La notion de « jardin sauvage » prend racine – si on peut dire – dans le romantisme anglais du XIXsiècle, notamment dans les écrits du jardinier irlandais William Robinson (1838-1935), auteur de The Wild Garden (1870).
Pour leur donner un caractère plus naturel, Mr. Robinson veut laisser entrer dans ses jardins les fleurs rustiques. À l’époque, le souci était plus esthétique qu’écologique. On est en plein dans la poésie de Byron ou les romans des soeurs Brontë.

jardin sauvage

Un jardin sauvage n’est pas un espace abandonné à la nature. Il faut l’organiser pour ne pas qu’il se transforme en friche © Andrew Roland

Mais aujourd’hui, alors que l’agriculture intensive transforme les paysages, que les zones humides, les friches, les landes sauvages sont détruites pour favoriser des activités « rentables », on cherche à réintroduire la nature dans des espaces non-productifs liés à l’activité humaine, afin de favoriser la biodiversité, de créer des couloirs permettant le déplacement des espèces, de conserver des plantes indigènes, de réduire les intrants chimiques.
Ainsi, petit à petit les jardins publics, les berges d’autoroutes, les bords de chemins, les ronds-points, et, bien sûr, les jardins privés, se transforment et deviennent (un peu) plus sauvages.

Par où commencer ?

La première chose à faire est peut-être… de ne rien faire ! En tout cas de ne pas se précipiter. Comme disait Lao Tseu(1) : un voyage de mille kilomètres commence par un seul pas.
De même, « ensauvager » son environnement n’est pas l’affaire d’un après-midi. Et puis, cela peut avoir des effets inattendus sur vous-même, sur votre entourage, sur votre façon de vivre.

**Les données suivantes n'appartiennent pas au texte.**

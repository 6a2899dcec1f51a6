ghost use Rattle.std.specs.Prelude.{◌≡◌, ℕ, List};
ghost use Rattle.adc_base32.specs.Bits.{HasOneReading, IsBase32};

/// Says that texts and bytes tell one another. It does nothing.
///
/// `one_text`: bytes have one text. `one_reading`: a text has one list of so many bytes.
pub fn codec_laws()
    ensures one_text { (text other bytes : List ℕ) → IsBase32 text bytes → IsBase32 other bytes → other ≡ text }
    ensures one_reading { HasOneReading }
{}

Commencez par observer votre terrain et par réfléchir. Renseignez-vous avant de faire quoi que ce soit.  Qu’est-ce que vous voulez, qu’est-ce que vous pouvez faire chez vous ? Il n’y a pas qu’une sorte de jardin sauvage, ni une seule façon de procéder. Tout dépend de la nature du sol et de la grandeur du terrain, de vos objectifs et de votre style de vie, du climat de votre région.
Une rocaille semi-naturelle en milieu méditerranéen ? Un étang bordé d’arbres dans le bocage normand ? Un verger-potager ou une prairie naturelle dans la Creuse ? Faut-il mélanger zones boisées, zones cultivées et zones herbacées ? Planter des haies ou des parterres de fleurs et/ou de légumes, laisser certaines zones en friche ?(3)

coup de coeur

Le jardin naturel, de Jean-Marie Lespinasse

Depuis 40 ans, Jean-Marie Lespinasse pratique le jardinage. Il fut toujours désireux de réaliser un jardin d’une conception proche de celle de la nature, sans produits chimiques, loin des contraintes des cultures contemporaines : labour, engrais, traitements phytosanitaires, désherbage…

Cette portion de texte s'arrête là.